Future Publishing


Battlestar Galactica

Author: Ben Talbot
Publisher: Sierra
Machine: Xbox (EU Version)

 
Published in Official Xbox Magazine #24

A black hole, sucking the fun out of space combat

Battlestar Galactica (Sierra)

If something looks familiar about Battlestar Galactica that's probably because it's a re-hash of Mace Griffin's space shooter levels. Traditional dogfight and search and destroy missions are the meat and potatoes, and as a result the game lacks variety and originality.

Several enhancements have been made over Mace, not least that there are three externals views of your Viper attack ship as well as a cockpit camera. Vehicle interiors are rather static, even the Cylon Raider where you'd expect flashing panels and Knightrider-style strobes. Another new feature is the Panzer Dragoon Orta-style missile lock, allowing you to target up to four enemies at once in two-second intervals. This is well conceived and often lifesaving, especially when you're being attacked by up to 40 enemies at once. Battlestar's blitzkriegs are pleasingly frantic at first, but a fatal flaw appears when mission objectives disrupt the carnage.

Critical targets like a fuel tanker or an escaping enemy aren't targeted automatically, so you often have to cycle through 20 Cylon Raiders before you find them. By this point the time limit has usually expired, forcing a painful restart. Even worse, critical targets don't show up differently on the radar. They're impossible to spot amongst a nebulous blob of red dots.

This is just one example of the game's high levels of artificial difficulty, painfully wringing more longevity out of a meagre 16 levels. Another infuriating scenario is found in the opening level. After ten minutes of nailing Cylon raiders, you're instructed to blow up a meteorite. It's only after you've completed this task that you're warned to keep out of the blast radius. Unless you were already a great distance away, it's impossible to retreat in time and you have to restart the level.

There's no subtlety here, particularly in the Cylon stealth mission. If you fail to fly in perfect formation with the Cylon Raiders you die instantly. Surely it would have been better to penalise by making the enemies attack in greater numbers? Instead, you're forced to play the tired old level right from the start. To make things worse, the mission briefings and cutscenes are so ambivalent that you often won't know what to do until you've been incinerated three or four times. Even with all this frustration, the game can still be completed in less than two days' play.

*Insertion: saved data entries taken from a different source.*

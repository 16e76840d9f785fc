//! Levels that are moved to where a tree of another count has them. Where the count rises, level 0 is moved first, and
//! where it falls, the top level, so that no run is moved over one that is still to be moved.
ghost use Rattle.std.specs.Prelude.{◌≡◌, ◌+◌, ◌^◌, ◌<◌, ◌≤◌, true, length, OnOk};
ghost use Rattle.verity_geometry.specs.Geometry.{total_of};
ghost use Rattle.verity_geometry.specs.Laws.{Grows};
ghost use Rattle.verity_store.specs.Moves.{IsMoved, ChangesWithin};
ghost use Rattle.verity_store.specs.Stores.{StaysStore, TellsFailure};
ghost use Rattle.verity_plan.specs.Levels.{LevelsMoved, BothMoved, KeepsFront, moved_blocks};

use crate::StoreFailed;
use verity_geometry::Geometry;
use verity_store::{BlockStore, move_run};

/// Moves the levels of a tree to where a tree of a greater count has them, level 0 first.
pub fn move_apart<H: BlockStore>(
    hash_store: &mut H,
    first: u64,
    old: &Geometry,
    new: &Geometry,
    block: &mut [u8],
) -> Result<(), StoreFailed>
    requires grown { Grows old.now new.now }
    requires first { first ≤ 2 ^ 40 }
    requires room { first + total_of new.now ≤ length (H.content hash_store.old) }
    requires old_room { first + total_of old.now ≤ length (H.content hash_store.old) }
    requires sized { length block.old ≡ H.size hash_store.old }
    ensures moved { OnOk result (H.tells hash_store.old ≡ true
        → LevelsMoved first old.now old.now new.now (H.content hash_store.old) (H.content hash_store.new)) }
    ensures front { KeepsFront first (H.content hash_store.old) (H.content hash_store.new) }
    ensures len { length (H.content hash_store.new) ≡ length (H.content hash_store.old) }
    ensures moved_reads { H.reads hash_store.new ≤ H.reads hash_store.old + moved_blocks old.now new.now }
    ensures fails { TellsFailure result (H.failures hash_store.old) (H.failures hash_store.new) }
    ensures store { StaysStore H.BlockStore hash_store.old hash_store.new }
{
    for level in 0..old.levels() {
        move_level(
            hash_store,
            first + old.level_start(level),
            first + new.level_start(level),
            old.level_len(level),
            block,
        )?;
    }
    Ok(())
}

/// Moves a run, where it doesn't stand there already.
fn move_level<H: BlockStore>(
    hash_store: &mut H,
    from: u64,
    to: u64,
    count: u64,
    block: &mut [u8],
) -> Result<(), StoreFailed>
    requires from { from + count ≤ length (H.content hash_store.old) }
    requires to { to + count ≤ length (H.content hash_store.old) }
    requires sized { length block.old ≡ H.size hash_store.old }
    ensures moved { OnOk result (H.tells hash_store.old ≡ true
        → IsMoved from to count (H.content hash_store.old) (H.content hash_store.new)) }
    ensures others { ChangesWithin to count (H.content hash_store.old) (H.content hash_store.new) }
    ensures stays { from ≡ to → H.reads hash_store.new ≡ H.reads hash_store.old }
    ensures moved_reads { H.reads hash_store.new ≤ H.reads hash_store.old + count }
    ensures fails { TellsFailure result (H.failures hash_store.old) (H.failures hash_store.new) }
    ensures store { StaysStore H.BlockStore hash_store.old hash_store.new }
{
    if from == to {
        return Ok(());
    }
    Ok(move_run(hash_store, from, to, count, block)?)
}

/// Moves the levels that a tree of a smaller count has to where it has them, the top one first.
pub fn move_together<H: BlockStore>(
    hash_store: &mut H,
    first: u64,
    old: &Geometry,
    new: &Geometry,
    block: &mut [u8],
) -> Result<(), StoreFailed>
    requires grown { Grows new.now old.now }
    requires first { first ≤ 2 ^ 40 }
    requires room { first + total_of old.now ≤ length (H.content hash_store.old) }
    requires new_room { first + total_of new.now ≤ length (H.content hash_store.old) }
    requires sized { length block.old ≡ H.size hash_store.old }
    ensures moved { OnOk result (H.tells hash_store.old ≡ true
        → LevelsMoved first new.now old.now new.now (H.content hash_store.old) (H.content hash_store.new)) }
    ensures front { KeepsFront first (H.content hash_store.old) (H.content hash_store.new) }
    ensures len { length (H.content hash_store.new) ≡ length (H.content hash_store.old) }
    ensures stays { new.now ≡ old.now → H.reads hash_store.new ≡ H.reads hash_store.old }
    ensures moved_reads { H.reads hash_store.new ≤ H.reads hash_store.old + moved_blocks old.now new.now }
    ensures fails { TellsFailure result (H.failures hash_store.old) (H.failures hash_store.new) }
    ensures store { StaysStore H.BlockStore hash_store.old hash_store.new }
{
    let mut left = new.levels();
    while left > 0 {
        left -= 1;
        move_level(
            hash_store,
            first + old.level_start(left),
            first + new.level_start(left),
            new.level_len(left),
            block,
        )?;
    }
    Ok(())
}

/// Gives a store the length for the new tree, and moves the levels that both trees have to where the new one has them.
pub fn move_tree<H: BlockStore>(
    hash_store: &mut H,
    first: u64,
    old: &Geometry,
    new: &Geometry,
    block: &mut [u8],
) -> Result<(), StoreFailed>
    requires hash_size { new.now.hash_size ≡ old.now.hash_size }
    requires digest_size { new.now.digest_size ≡ old.now.digest_size }
    requires first { first ≤ 2 ^ 40 }
    requires room { first + total_of old.now ≤ length (H.content hash_store.old) }
    requires reserved { first + total_of new.now ≤ H.room hash_store.old }
    requires sized { length block.old ≡ H.size hash_store.old }
    ensures moved { OnOk result (H.tells hash_store.old ≡ true
        → BothMoved first old.now new.now (H.content hash_store.old) (H.content hash_store.new)) }
    ensures front { KeepsFront first (H.content hash_store.old) (H.content hash_store.new) }
    ensures len { OnOk result (length (H.content hash_store.new) ≡ first + total_of new.now) }
    ensures stays { new.now ≡ old.now → H.reads hash_store.new ≡ H.reads hash_store.old }
    ensures moved_reads { H.reads hash_store.new ≤ H.reads hash_store.old + moved_blocks old.now new.now }
    ensures fails { TellsFailure result (H.failures hash_store.old) (H.failures hash_store.new) }
    ensures store { StaysStore H.BlockStore hash_store.old hash_store.new }
{
    let _old_levels = old.levels();
    let _new_levels = new.levels();
    let blocks = first + new.total();
    if old.blocks() < new.blocks() {
        grow_tree(hash_store, first, blocks, old, new, block)
    } else {
        cut_tree(hash_store, first, blocks, old, new, block)
    }
}

fn grow_tree<H: BlockStore>(
    hash_store: &mut H,
    first: u64,
    blocks: u64,
    old: &Geometry,
    new: &Geometry,
    block: &mut [u8],
) -> Result<(), StoreFailed>
    requires grown { Grows old.now new.now }
    requires blocks { blocks ≡ first + total_of new.now }
    requires few { blocks ≤ 2 ^ 41 }
    requires first { first ≤ 2 ^ 40 }
    requires room { first + total_of old.now ≤ length (H.content hash_store.old) }
    requires old_fits { first + total_of old.now ≤ blocks }
    requires reserved { blocks ≤ H.room hash_store.old }
    requires sized { length block.old ≡ H.size hash_store.old }
    ensures moved { OnOk result (H.tells hash_store.old ≡ true
        → BothMoved first old.now new.now (H.content hash_store.old) (H.content hash_store.new)) }
    ensures front { KeepsFront first (H.content hash_store.old) (H.content hash_store.new) }
    ensures len { OnOk result (length (H.content hash_store.new) ≡ blocks) }
    ensures moved_reads { H.reads hash_store.new ≤ H.reads hash_store.old + moved_blocks old.now new.now }
    ensures fails { TellsFailure result (H.failures hash_store.old) (H.failures hash_store.new) }
    ensures store { StaysStore H.BlockStore hash_store.old hash_store.new }
{
    hash_store.set_len(blocks)?;
    move_apart(hash_store, first, old, new, block)
}

fn cut_tree<H: BlockStore>(
    hash_store: &mut H,
    first: u64,
    blocks: u64,
    old: &Geometry,
    new: &Geometry,
    block: &mut [u8],
) -> Result<(), StoreFailed>
    requires grown { Grows new.now old.now }
    requires blocks { blocks ≡ first + total_of new.now }
    requires few { blocks ≤ 2 ^ 41 }
    requires first { first ≤ 2 ^ 40 }
    requires room { first + total_of old.now ≤ length (H.content hash_store.old) }
    requires new_fits { blocks ≤ first + total_of old.now }
    requires reserved { blocks ≤ H.room hash_store.old }
    requires sized { length block.old ≡ H.size hash_store.old }
    ensures moved { OnOk result (H.tells hash_store.old ≡ true
        → BothMoved first old.now new.now (H.content hash_store.old) (H.content hash_store.new)) }
    ensures front { KeepsFront first (H.content hash_store.old) (H.content hash_store.new) }
    ensures len { OnOk result (length (H.content hash_store.new) ≡ blocks) }
    ensures stays { new.now ≡ old.now → H.reads hash_store.new ≡ H.reads hash_store.old }
    ensures moved_reads { H.reads hash_store.new ≤ H.reads hash_store.old + moved_blocks old.now new.now }
    ensures fails { TellsFailure result (H.failures hash_store.old) (H.failures hash_store.new) }
    ensures store { StaysStore H.BlockStore hash_store.old hash_store.new }
{
    move_together(hash_store, first, old, new, block)?;
    Ok(hash_store.set_len(blocks)?)
}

Even the licence is clumsily handled. Original actors Dirk Benedict and Richard Hatch provide voiceovers, but strangely not for Starbuck and Apollo, the characters they played in the TV series. FMV sequences are blurry and Adama bears no resemblance to Lorne Green. Battlestar Galactica was always doomed to play second fiddle to Star Wars and this does nothing to turn the tables.

Good Points

  1. Multiple vehicles
  2. The Cylons

Bad Points

  1. Licence poorly handled
  2. Artificial difficulty
  3. Flawed Missile Lock
  4. Restarting levels from the beginning

Verdict

Power
Spaceships soar smoothly and the Tevels look great. Cockpit interiors should have been animated.

Style
Presentation is poor. FMV videos tell most of the story but they're very grainy and lacking in detail.

Immersion
As soon as you begin to feel involved, the game throws you a frustrating curve ball objective.

Lifespan
You'll finish it in two days and the unlockable extras aren't enough enticement to replay each level.

Overall Any glimmer of potential has been banished to the outer cosmos by unforgiving mission objectives and unfair deaths.